One such example is the concept of a household. In surveys, people are asked to think about who they share facilities with, but administrative data will simply cough up an address, which the ONS will have to use to put together a "household" based on that.
This might cause an issue, says Tinsley, because "there might be several families who live in one address together – and may define themselves as separate households on a survey – but we would capture them as just one group of people living together".
The ONS is working with users to assess the impact such changes might have – Tinsley estimates that in this situation it would affect about 0.5 per cent of people from the 2011 census. But she also notes that many other countries who have moved to this sort of census now use definitions based on addresses.
Adding smaller surveys
Meanwhile, a greater – and perhaps more straightforward – success has been in population size, which the ONS has already managed to map successfully onto what it calls the output area level, which is equivalent to very small areas of, on average, 300 people.
But even this most advanced area is not without challenges. "One in particular is that people aren't required to de-register from services – if you move you're not required to tell your GP, for example," Tinsley says. "So we see quite a lot of over-coverage in some of those data sources. That tends to be around working age men, where we think they've moved abroad but we still find them in the data."
This is also the opposite of the situation in the existing census, which tends towards under-coverage. The way the ONS currently deals with these sorts of anomalies is to figure out which areas are less likely to respond (the "hard to count" index) and target more surveys at those areas than others.
For the administrative data census, it might work in a similar way, says Tinsley. The ONS is already planning to supplement the admin data with surveys, so "we would perhaps put more of surveys in those areas" where errors might occur.
Missing data sources
At the other end of the spectrum are population characteristics like ethnicity and religion, which Tinsley says are not very well captured in much of the administrative data the ONS has access to.
For instance, the DfE collects detailed data on the ethnicity of schoolchildren within its school census, but this is "obviously only a small portion of the population" – the rest might have to be assessed through surveys.
Religion, meanwhile, could possibly be captured by proxy. "We're having conversations to find out if there are other sources of information that could at least correlate quite closely with it – so it might represent religion even if it doesn't capture religion."

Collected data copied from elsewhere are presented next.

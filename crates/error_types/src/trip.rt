ghost use Rattle.std.specs.Prelude.{◌≡◌, ◌<◌, ◌^◌, ◌∷◌, [], ◌++◌, ◌||◌, false, is_some, length, option_to_list, IfOk, OnOk};
ghost use Rattle.std.specs.List.{list_any};
ghost use Rattle.error_libraries.specs.inner.Course.{is_vain};
ghost use Rattle.error_types.specs.inner.Leaving.{LeavesItem, Offers};
ghost use Rattle.error_libraries.specs.inner.Tables.{has_number};
ghost use Rattle.error_types.specs.inner.Trip.{at_visit, items_on, noting};

use crate::needs::{Needs, NextName};
use error_libraries::ItemId;
use plain_values::{FirstRefusal, Mem, Refusal};
use std::alloc::{AllocError, Global};
use std::collections::HashMap;
use std::marker::Model;

/// An item that is being followed, and those of its names that are left.
#[derive(Drop)]
struct Visit<'a> {
    item: ItemId,
    rest: Needs<'a>,
}

impl<'a> Model for Visit<'a> {
    ghost use Rattle.error_types.specs.inner.Trip.{Visit as Followed};

    ghost Value = { Followed };

    ghost view = { λ v. record { item = v.item; rest = v.rest } };
}

/// A walk through items under way.
#[derive(Drop)]
pub(crate) struct Trip<'a> {
    top: Visit<'a>,
    below: Vec<Visit<'a>>,
    marks: HashMap<(u32, u32), bool>,
    followed: Vec<ItemId>,
    types: Vec<u32>,
    first: FirstRefusal,
}

impl<'a> Model for Trip<'a> {
    ghost use Rattle.std.specs.Prelude.{◌<◌, ◌^◌, length, reverse};
    ghost use Rattle.std.specs.HashMap.{get};
    ghost use Rattle.package_index.specs.inner.Tables.{same_pair};
    ghost use Rattle.error_types.specs.inner.Trip.{Trip as Way, IsTripMarked};

    ghost Value = { Way };

    ghost view = { λ t. record { top = t.top; below = reverse t.below.items; followed = t.followed.items; types = t.types.items; first = t.first } };

    ghost invariant = { λ t. IsTripMarked (record { top = t.top; below = reverse t.below.items; followed = t.followed.items; types = t.types.items; first = t.first }) (get same_pair t.marks)
        × (length t.below.items < 2 ^ 32) };
}

/// The items that were followed on a walk through an item, the types that are met, and its first refusal.
#[derive(Drop)]
pub(crate) struct Walked {
    pub(crate) followed: Vec<ItemId>,
    pub(crate) types: Vec<u32>,
    pub(crate) first: FirstRefusal,
}

/// Where a walk is once an item was followed to its end: at the item that led to it, or at its own end.
#[derive(Drop)]
pub(crate) enum Back<'a> {
    On(Trip<'a>),
    Out(Walked),
}

impl<'a> Trip<'a> {
    /// The walk at its first item, which has these names, is this type, and has this refusal.
    pub(crate) fn at(
        alloc: Global,
        item: ItemId,
        rest: Needs<'a>,
        types: Vec<u32>,
        first: FirstRefusal,
    ) -> Mem<Trip<'a>>
        ensures { IfOk result (λ trip. trip ≡ record { top = record { item = item; rest = rest.entry }; below = []; followed = []; types = types.items; first = first }) }
    {
        let mut marks = HashMap::new(alloc);
        marks.insert((item.package, item.item), true)?;
        Ok(Trip {
            top: Visit { item, rest },
            below: Vec::new(alloc),
            marks,
            followed: Vec::new(alloc),
            types,
            first,
        })
    }

    /// Takes the next of the names that are left at the top.
    pub(crate) fn next(&mut self) -> NextName<'a>
        ensures { Offers self.old result self.new }
    {
        self.top.rest.next()
    }

    /// The number of the package whose text has the names at the top.
    pub(crate) fn home(&self) -> u32
        ensures { result ≡ self.now.top.item.«package» }
    {
        self.top.item.package
    }

    /// Whether an item was followed to its end, or is being followed; none where it is neither.
    pub(crate) fn mark(&self, item: ItemId) -> Option<bool>
        ensures few { length self.now.below < 2 ^ 32 }
        ensures done { is_vain result ≡ list_any (has_number (item.«package», item.item)) self.now.followed }
        ensures entered { is_some result ≡ (list_any (has_number (item.«package», item.item)) self.now.followed || list_any (has_number (item.«package», item.item)) (items_on (self.now.top ∷ self.now.below))) }
    {
        self.marks.get(&(item.package, item.item)).copied()
    }

    /// Enters an item, which has these names, may be this type, and may have this refusal.
    pub(crate) fn enter(
        self,
        item: ItemId,
        rest: Needs<'a>,
        number: Option<u32>,
        refusal: Option<Refusal>,
    ) -> Mem<Trip<'a>>
        requires { list_any (has_number (item.«package», item.item)) self.followed ≡ false }
        ensures { IfOk result (λ trip. trip ≡ at_visit self.entry item rest.entry number refusal) }
    {
        let Trip {
            top,
            mut below,
            mut marks,
            followed,
            mut types,
            mut first,
        } = self;
        if below.len() >= 4_294_967_295 {
            return Err(AllocError);
        }
        marks.insert((item.package, item.item), true)?;
        below.push(top)?;
        push_number(&mut types, number)?;
        first.note_some(refusal);
        Ok(Trip {
            top: Visit { item, rest },
            below,
            marks,
            followed,
            types,
            first,
        })
    }

    /// Leaves the item at the top, which was followed to its end.
    pub(crate) fn leave(self) -> Mem<Back<'a>>
        ensures { IfOk result (LeavesItem self.entry) }
    {
        let Trip {
            top,
            mut below,
            mut marks,
            mut followed,
            types,
            first,
        } = self;
        let item = top.item;
        followed.push(item)?;
        let Some(next) = below.pop() else {
            return Ok(Back::Out(Walked {
                followed,
                types,
                first,
            }));
        };
        marks.insert((item.package, item.item), false)?;
        Ok(Back::On(Trip {
            top: next,
            below,
            marks,
            followed,
            types,
            first,
        }))
    }

    /// Notes a refusal, if there is one.
    pub(crate) fn note(&mut self, refusal: Option<Refusal>)
        ensures { self.new ≡ noting refusal self.old }
    {
        self.first.note_some(refusal);
    }
}

/// Adds a number, if there is one.
pub(crate) fn push_number(numbers: &mut Vec<u32>, number: Option<u32>) -> Mem<()>
    ensures { OnOk result (numbers.new.items ≡ numbers.old.items ++ option_to_list number) }
{
    if let Some(number) = number {
        numbers.push(number)?;
    }
    Ok(())
}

The fallback option would be to use surveys, but Tinsley says this "is a bit limiting, in that – for the size of the survey we'd be looking at – we could probably produce good quality estimates down to local authority level" only.
Again, she says this is why it's crucial to have constant conversations with the users about what might be acceptable.
But time is of the essence. Although the major milestone – where the team's work will effectively be marked against the mostly online 2021 census – seems far away, if the government wants to switch to the alternative system after that, the smaller population surveys need to be operational from 2020.
And with initial results from the first batch of field tests not due to be published until the end of the year, the pressure doesn't look like it'll be easing off. ®
* In 2007, the census team looked into having an income question but found that it would have had too detrimental an effect on the number of people who returned the survey. Although returning the census is mandatory, it's worth noting that – just like paying taxes – plenty of people decide not to do it.